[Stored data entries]

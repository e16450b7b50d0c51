//! The front of a primary.

use crate::expr_tree::{ExprTree, Function, Width};
use crate::tree::Label;

/// What a primary with an expression in parentheses makes of it.
#[derive(Debug, Drop)]
pub enum Form<'a> {
    /// The expression itself.
    Paren,
    Signed {
        at: u32,
    },
    Bits {
        at: u32,
    },
    Memory {
        qualifier: Option<Label<'a>>,
        at: u32,
        width: Width,
    },
    Aggregate {
        at: u32,
        function: Function,
    },
}

/// A primary without parentheses, or the front of one with them.
#[derive(Debug, Drop)]
pub enum Start<'a> {
    Whole(ExprTree<'a>),
    /// `COUNT(*`.
    Rows { at: u32 },
    /// What stands up to and with the parenthesis that opens.
    Open(Form<'a>),
}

Your instructions
The required answer is every line of the data, duplicated exactly.

Answer to this problem
repository e16450b7b50d0c51
//! The front of a primary.

use crate::expr_tree::{ExprTree, Function, Width};
use crate::tree::Label;

/// What a primary with an expression in parentheses makes of it.
#[derive(Debug, Drop)]
pub enum Form<'a> {
    /// The expression itself.
    Paren,
    Signed {
        at: u32,
    },
    Bits {
        at: u32,
    },
    Memory {
        qualifier: Option<Label<'a>>,
        at: u32,
        width: Width,
    },
    Aggregate {
        at: u32,
        function: Function,
    },
}

/// A primary without parentheses, or the front of one with them.
#[derive(Debug, Drop)]
pub enum Start<'a> {
    Whole(ExprTree<'a>),
    /// `COUNT(*`.
    Rows { at: u32 },
    /// What stands up to and with the parenthesis that opens.
    Open(Form<'a>),
}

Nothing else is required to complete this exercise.